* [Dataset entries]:
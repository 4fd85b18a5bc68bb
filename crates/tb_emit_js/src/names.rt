//! The names of imports and export lists: those with `type` are passed over.

ghost use Rattle.std.specs.Prelude.{◌≡◌, ◌++◌, OnOk, string_bytes};
ghost use Rattle.tb_layout.specs.Erase as erasing;
ghost use Rattle.tb_layout.specs.Js as layout;
ghost use Rattle.tb_layout.specs.Pieces.{text_of};
ghost use Rattle.tb_emit_js.specs.Items as spec;

use crate::texts::put;
use tb_text::NoMemory;
use tb_tree::{Identifier, Spec};

/// The names that are values, in braces.
#[tactic(auto, using(crate::proofs::Joins::assoc, crate::proofs::Lines::spec_step, crate::proofs::Lines::spec_skip, crate::proofs::Lines::specs_text))]
pub(crate) fn write_specs(out: &mut String, all: &[Spec]) -> Result<(), NoMemory>
    ensures { OnOk result (string_bytes out.new
        ≡ string_bytes out.old ++ text_of (layout.specs_pieces (erasing.erased_specs all.now))) }
{
    put(out, "{")?;
    let mut some = false;
    for spec in all {
        if !spec.type_only {
            put(out, gap_text(some))?;
            write_spec(out, spec)?;
            some = true;
        }
    }
    put(out, end_text(some))?;
    Ok(())
}

/// What stands before a name.
fn gap_text(some: bool) -> &'static str
    ensures { result.now ≡ spec.gap_text some }
{
    if some { ", " } else { " " }
}

/// What stands behind the last name.
fn end_text(some: bool) -> &'static str
    ensures { result.now ≡ spec.end_text some }
{
    if some { " }" } else { "}" }
}

#[tactic(auto, using(crate::proofs::Joins::assoc, crate::proofs::Lines::spec_text))]
fn write_spec(out: &mut String, of: &Spec) -> Result<(), NoMemory>
    ensures { OnOk result (string_bytes out.new ≡ string_bytes out.old ++ text_of (layout.spec_pieces of.now)) }
{
    put(out, of.name.name.as_str())?;
    write_renamed(out, &of.renamed)?;
    Ok(())
}

#[tactic(auto, using(crate::proofs::Joins::assoc, crate::proofs::Lines::renamed_some))]
fn write_renamed(out: &mut String, of: &Option<Identifier>) -> Result<(), NoMemory>
    ensures { OnOk result (string_bytes out.new ≡ string_bytes out.old ++ text_of (layout.renamed_pieces of.now)) }
{
    match of {
        Some(other) => {
            put(out, " as ")?;
            put(out, other.name.as_str())?;
            Ok(())
        }
        None => Ok(()),
    }
}
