#[cycle(finding)]
fn find_stmt(alloc: Global, found: &mut List<Finding>, of: &Stmt) -> Result<(), NoMemory>
    ensures { OnOk result (found.new ≡ found.old ++ spec.stmt_findings of.now) }
{
    match of {
        Stmt::Block(block) => find_block(alloc, found, block.get()),
        Stmt::If {
            condition,
            then,
            otherwise,
            ..
        } => {
            find_expr(alloc, found, condition.get())?;
            find_stmt(alloc, found, then.get())?;
            find_otherwise(alloc, found, otherwise)?;
            Ok(())
        }
        Stmt::While {
            condition,
            body,
            ..
        } => {
            find_expr(alloc, found, condition.get())?;
            find_stmt(alloc, found, body.get())?;
            Ok(())
        }
        Stmt::Do {
            body,
            condition,
            ..
        } => {
            find_stmt(alloc, found, body.get())?;
            find_expr(alloc, found, condition.get())?;
            Ok(())
        }
        Stmt::For {
            start,
            condition,
            update,
            body,
            ..
        } => {
            find_start(alloc, found, start)?;
            find_value(alloc, found, condition)?;
            find_value(alloc, found, update)?;
            find_stmt(alloc, found, body.get())?;
            Ok(())
        }
        Stmt::ForOf { subject, body, .. } => {
            find_expr(alloc, found, subject.get())?;
            find_stmt(alloc, found, body.get())?;
            Ok(())
        }
        Stmt::Return { value, .. } => find_value(alloc, found, value),
        Stmt::Break { .. } => Ok(()),
        Stmt::Continue { .. } => Ok(()),
        Stmt::Throw { value, .. } => find_expr(alloc, found, value.get()),
        Stmt::Switch {
            subject,
            clauses,
            ..
        } => {
            find_expr(alloc, found, subject.get())?;
            find_clauses(alloc, found, clauses.as_slice())?;
            Ok(())
        }
        Stmt::Expr { value, .. } => find_expr(alloc, found, value.get()),
        Stmt::Empty { .. } => Ok(()),
    }
}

* [EXERCISE INSTRUCTIONS]:
If a line appears above, it belongs in your answer, printed exactly.

* [SOLUTION TO THE EXERCISE]:
repository 4fd85b18a5bc68bb
filename crates/tb_emit_js/src/names.rt
//! The names of imports and export lists: those with `type` are passed over.

ghost use Rattle.std.specs.Prelude.{◌≡◌, ◌++◌, OnOk, string_bytes};
ghost use Rattle.tb_layout.specs.Erase as erasing;
ghost use Rattle.tb_layout.specs.Js as layout;
ghost use Rattle.tb_layout.specs.Pieces.{text_of};
ghost use Rattle.tb_emit_js.specs.Items as spec;

use crate::texts::put;
use tb_text::NoMemory;
use tb_tree::{Identifier, Spec};

/// The names that are values, in braces.
#[tactic(auto, using(crate::proofs::Joins::assoc, crate::proofs::Lines::spec_step, crate::proofs::Lines::spec_skip, crate::proofs::Lines::specs_text))]
pub(crate) fn write_specs(out: &mut String, all: &[Spec]) -> Result<(), NoMemory>
    ensures { OnOk result (string_bytes out.new
        ≡ string_bytes out.old ++ text_of (layout.specs_pieces (erasing.erased_specs all.now))) }
{
    put(out, "{")?;
    let mut some = false;
    for spec in all {
        if !spec.type_only {
            put(out, gap_text(some))?;
            write_spec(out, spec)?;
            some = true;
        }
    }
    put(out, end_text(some))?;
    Ok(())
}

/// What stands before a name.
fn gap_text(some: bool) -> &'static str
    ensures { result.now ≡ spec.gap_text some }
{
    if some { ", " } else { " " }
}

/// What stands behind the last name.
fn end_text(some: bool) -> &'static str
    ensures { result.now ≡ spec.end_text some }
{
    if some { " }" } else { "}" }
}

#[tactic(auto, using(crate::proofs::Joins::assoc, crate::proofs::Lines::spec_text))]
fn write_spec(out: &mut String, of: &Spec) -> Result<(), NoMemory>
    ensures { OnOk result (string_bytes out.new ≡ string_bytes out.old ++ text_of (layout.spec_pieces of.now)) }
{
    put(out, of.name.name.as_str())?;
    write_renamed(out, &of.renamed)?;
    Ok(())
}

#[tactic(auto, using(crate::proofs::Joins::assoc, crate::proofs::Lines::renamed_some))]
fn write_renamed(out: &mut String, of: &Option<Identifier>) -> Result<(), NoMemory>
    ensures { OnOk result (string_bytes out.new ≡ string_bytes out.old ++ text_of (layout.renamed_pieces of.now)) }
{
    match of {
        Some(other) => {
            put(out, " as ")?;
            put(out, other.name.as_str())?;
            Ok(())
        }
        None => Ok(()),
    }
}
#[cycle(finding)]
fn find_stmt(alloc: Global, found: &mut List<Finding>, of: &Stmt) -> Result<(), NoMemory>
    ensures { OnOk result (found.new ≡ found.old ++ spec.stmt_findings of.now) }
{
    match of {
        Stmt::Block(block) => find_block(alloc, found, block.get()),
        Stmt::If {
            condition,
            then,
            otherwise,
            ..
        } => {
            find_expr(alloc, found, condition.get())?;
            find_stmt(alloc, found, then.get())?;
            find_otherwise(alloc, found, otherwise)?;
            Ok(())
        }
        Stmt::While {
            condition,
            body,
            ..
        } => {
            find_expr(alloc, found, condition.get())?;
            find_stmt(alloc, found, body.get())?;
            Ok(())
        }
        Stmt::Do {
            body,
            condition,
            ..
        } => {
            find_stmt(alloc, found, body.get())?;
            find_expr(alloc, found, condition.get())?;
            Ok(())
        }
        Stmt::For {
            start,
            condition,
            update,
            body,
            ..
        } => {
            find_start(alloc, found, start)?;
            find_value(alloc, found, condition)?;
            find_value(alloc, found, update)?;
            find_stmt(alloc, found, body.get())?;
            Ok(())
        }
        Stmt::ForOf { subject, body, .. } => {
            find_expr(alloc, found, subject.get())?;
            find_stmt(alloc, found, body.get())?;
            Ok(())
        }
        Stmt::Return { value, .. } => find_value(alloc, found, value),
        Stmt::Break { .. } => Ok(()),
        Stmt::Continue { .. } => Ok(()),
        Stmt::Throw { value, .. } => find_expr(alloc, found, value.get()),
        Stmt::Switch {
            subject,
            clauses,
            ..
        } => {
            find_expr(alloc, found, subject.get())?;
            find_clauses(alloc, found, clauses.as_slice())?;
            Ok(())
        }
        Stmt::Expr { value, .. } => find_expr(alloc, found, value.get()),
        Stmt::Empty { .. } => Ok(()),
    }
}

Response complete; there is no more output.